Personal information
- Born: Andrei Yuryevich Sokolov 23 February 1972 (age 54)

Chess career
- Country: Soviet Union Latvia
- Title: International Master (1992)
- FIDE rating: 2516 (July 2026)
- Peak rating: 2532 (January 2018)

= Andrei Sokolov (Latvian chess player) =

Latvian chess player (born 1972)

Andrei Yuryevich Sokolov (Андрей Юрьевич Соколов, Andrejs Sokolovs; born 23 February 1972) is a Soviet/Latvian chess player. He was awarded the International Master title in 1992.

==Biography==
In the late 1980s and early 1990s, Andrei Sokolov was one of the best chess players in Latvia. He regularly participated in the Latvian Chess Championship.
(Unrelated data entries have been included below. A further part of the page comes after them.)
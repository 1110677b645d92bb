//! Whether the names of a statement are there.
ghost use Rattle.std.specs.Prelude.{ℕ, ◌≡◌, ◌&&◌, ◌++◌, ◌∷◌, [], true, length, map, nat_lt};
ghost use Rattle.herm_model.specs.Lists.{all_pass};
ghost use Rattle.herm_model.specs.Expressions.{paths_among};
ghost use Rattle.herm_naming.specs.UnknownNames.{is_there, is_literal_there, literals_among, is_form_there, is_statement_there};
ghost use Rattle.herm_model.specs.Statements as model;
ghost use Rattle.herm_typed.specs.Blocks.{typed_arm_view};
ghost use Rattle.herm_typed.specs.View.{typed_path_view, typed_atom_view, typed_form_view};
ghost use Rattle.herm_judge.specs.View.{table_of, variables_of};
ghost use Rattle.herm_meaning.specs.Names.{IsWellNamed};

use crate::arms::{are_arms_there, are_components_there, are_handlers_there, is_component_there};
use crate::atoms::{are_literals_there, are_paths_there};
use crate::frame::Frame;
use crate::paths::is_there;
use crate::shapes::is_known;
use crate::sight::expression_seen;
use herm_base::ExcNo;
use herm_typed::{TypedAtom, TypedForm, TypedPath, TypedStmt};
use herm_types::TypeTable;

/// All of the paths, where a statement names no literal and nothing else.
fn paths_alone(paths: bool) -> bool
    ensures all { result ≡ (paths && (true && true)) }
{
    paths
}

fn one(p: bool) -> bool
    ensures all { result ≡ (p && true) }
{
    p
}

fn two(p: bool, q: bool) -> bool
    ensures all { result ≡ (p && (q && true)) }
{
    p && q
}

fn three(p: bool, q: bool, r: bool) -> bool
    ensures all { result ≡ (p && (q && (r && true))) }
{
    p && q && r
}

/// The paths with the literals.
fn with_literals(paths: bool, literals: bool) -> bool
    ensures all { result ≡ (paths && (literals && true)) }
{
    paths && literals
}

/// The paths with another name.
fn with_other(paths: bool, other: bool) -> bool
    ensures all { result ≡ (paths && (true && other)) }
{
    paths && other
}

fn is_exception(types: &TypeTable, e: ExcNo) -> bool
    ensures there { result ≡ nat_lt e.0 (length types.now.exceptions) }
{
    (e.0 as usize) < types.exceptions().len()
}

fn is_process(frame: &Frame, process: u32) -> bool
    ensures there { result ≡ nat_lt process (length frame.now.ports.now) }
{
    (process as usize) < frame.ports.len()
}

fn both_there(frame: &Frame, p: &TypedPath, q: &TypedPath) -> bool
    ensures there { result ≡ (is_there (table_of frame.now) (variables_of frame.now) (typed_path_view p.now) && (is_there (table_of frame.now) (variables_of frame.now) (typed_path_view q.now) && true)) }
{
    two(is_there(frame, &p.path), is_there(frame, &q.path))
}

fn one_there(frame: &Frame, p: &TypedPath) -> bool
    ensures there { result ≡ (is_there (table_of frame.now) (variables_of frame.now) (typed_path_view p.now) && true) }
{
    one(is_there(frame, &p.path))
}

fn component_named(frame: &Frame, v: &TypedPath, component: u32, y: &TypedPath) -> bool
    ensures there { result ≡ (is_there (table_of frame.now) (variables_of frame.now) (typed_path_view v.now) && (is_there (table_of frame.now) (variables_of frame.now) (typed_path_view v.now ++ (component ∷ [])) && (is_there (table_of frame.now) (variables_of frame.now) (typed_path_view y.now) && true))) }
{
    three(
        is_there(frame, &v.path),
        is_component_there(frame, v, component),
        is_there(frame, &y.path),
    )
}

fn keys_there(frame: &Frame, r: &TypedPath, t: &TypedPath, keys: &[TypedAtom]) -> bool
    ensures there { result ≡ ((is_there (table_of frame.now) (variables_of frame.now) (typed_path_view r.now) && (is_there (table_of frame.now) (variables_of frame.now) (typed_path_view t.now) && all_pass (is_there (table_of frame.now) (variables_of frame.now)) (paths_among (map typed_atom_view keys.now)))) && (all_pass (is_literal_there (table_of frame.now)) (literals_among (map typed_atom_view keys.now)) && true)) }
{
    with_literals(
        is_there(frame, &r.path) && (is_there(frame, &t.path) && are_paths_there(frame, keys)),
        are_literals_there(frame.types, keys),
    )
}

fn case_there(frame: &Frame, v: &TypedPath, arms: &[(u32, Vec<TypedStmt>)]) -> bool
    ensures there { (exceptions processes : ℕ) → result ≡ is_form_there (table_of frame.now) (variables_of frame.now) exceptions processes (model.Case (typed_path_view v.now) (map (λ a. a.0) arms.now)) }
{
    paths_alone(is_there(frame, &v.path) && are_components_there(frame, v, arms))
}

fn select_there(frame: &Frame, arms: &[(TypedPath, TypedPath, Vec<TypedStmt>)]) -> bool
    ensures there { (exceptions processes : ℕ) → result ≡ is_form_there (table_of frame.now) (variables_of frame.now) exceptions processes (model.Select (map typed_arm_view arms.now)) }
{
    paths_alone(are_arms_there(frame, arms))
}

/// Whether all names of a statement are there, apart from those of the statements within it; `leave` has its loop.
pub fn is_statement_there(frame: &Frame, in_loop: bool, form: &TypedForm) -> bool
    requires well { IsWellNamed frame.now.types.now }
    ensures there { result ≡ is_statement_there (table_of frame.now) (variables_of frame.now) (length frame.now.types.now.exceptions) (length frame.now.ports.now) in_loop (typed_form_view form.now) }
{
    match form {
        TypedForm::Assign(x, e) => {
            let e = expression_seen(frame, e);
            with_literals(is_there(frame, &x.path) && e.there, e.literals)
        }
        TypedForm::Move(y, x) => paths_alone(both_there(frame, y, x)),
        TypedForm::New(x) => paths_alone(one_there(frame, x)),
        TypedForm::Discard(x) => paths_alone(one_there(frame, x)),
        TypedForm::Unite(v, c, y) => paths_alone(component_named(frame, v, *c, y)),
        TypedForm::Dissolve(v, c, y) => paths_alone(component_named(frame, v, *c, y)),
        TypedForm::Reveal(v, c) => paths_alone(two(
            is_there(frame, &v.path),
            is_component_there(frame, v, *c),
        )),
        TypedForm::Case(v, arms) => case_there(frame, v, arms.as_slice()),
        TypedForm::Wrap(y, p) => paths_alone(both_there(frame, y, p)),
        TypedForm::Unwrap(p, t, y) => {
            with_other(both_there(frame, p, y), is_known(frame.types, Some(*t)))
        }
        TypedForm::Insert(r, t) => paths_alone(both_there(frame, r, t)),
        TypedForm::Remove(r, t, keys) => keys_there(frame, r, t, keys.as_slice()),
        TypedForm::Get(r, t, keys) => keys_there(frame, r, t, keys.as_slice()),
        TypedForm::For(r, t, _) => paths_alone(both_there(frame, r, t)),
        TypedForm::Connect(o, i) => paths_alone(both_there(frame, o, i)),
        TypedForm::Send(x, o) => paths_alone(both_there(frame, x, o)),
        TypedForm::Receive(x, i) => paths_alone(both_there(frame, x, i)),
        TypedForm::Select(arms) => select_there(frame, arms.as_slice()),
        TypedForm::Call(o, arguments) => with_literals(
            is_there(frame, &o.path) && are_paths_there(frame, arguments.as_slice()),
            are_literals_there(frame.types, arguments.as_slice()),
        ),
        TypedForm::Return(m) => paths_alone(one_there(frame, m)),
        TypedForm::ReturnBy(m, e) => {
            with_other(one_there(frame, m), is_exception(frame.types, *e))
        }
        TypedForm::Create(o, n) => with_other(one_there(frame, o), is_process(frame, *n)),
        TypedForm::If(e, _, _) => {
            let e = expression_seen(frame, e);
            with_literals(e.there, e.literals)
        }
        TypedForm::While(e, _) => {
            let e = expression_seen(frame, e);
            with_literals(e.there, e.literals)
        }
        TypedForm::Raise(e) => with_other(true, is_exception(frame.types, *e)),
        TypedForm::Leave => in_loop,
        TypedForm::Try(_, handled) => {
            are_handlers_there(frame.types.exceptions().len(), handled.as_slice())
        }
    }
}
He received 2nd place in 1990 (won Edvīns Ķeņģis) and in 1994 (won Valerij Zhuravliov).
Andrei Sokolov played for Latvia in Chess Olympiads:
- In 1994, at reserve board in the 31st Chess Olympiad in Moscow (+1 −1 =6);
- In 1996, at fourth board in the 32nd Chess Olympiad in Yerevan (+1 −1 =6).
Andrei Sokolov played for Latvia in European Team Chess Championship:
- In 1992, at fourth board in Debrecen (+0 −1 =6);
Since 2002, Sokolov rarely participated in serious chess tournaments, but kept place in the top ten players in Latvia according to the FIDE rating. He currently lives in Veliky Novgorod and playing in fast chess tournaments. In 2013, Sokolov won the Open Championship of Novgorod Oblast in rapid and blitz chess.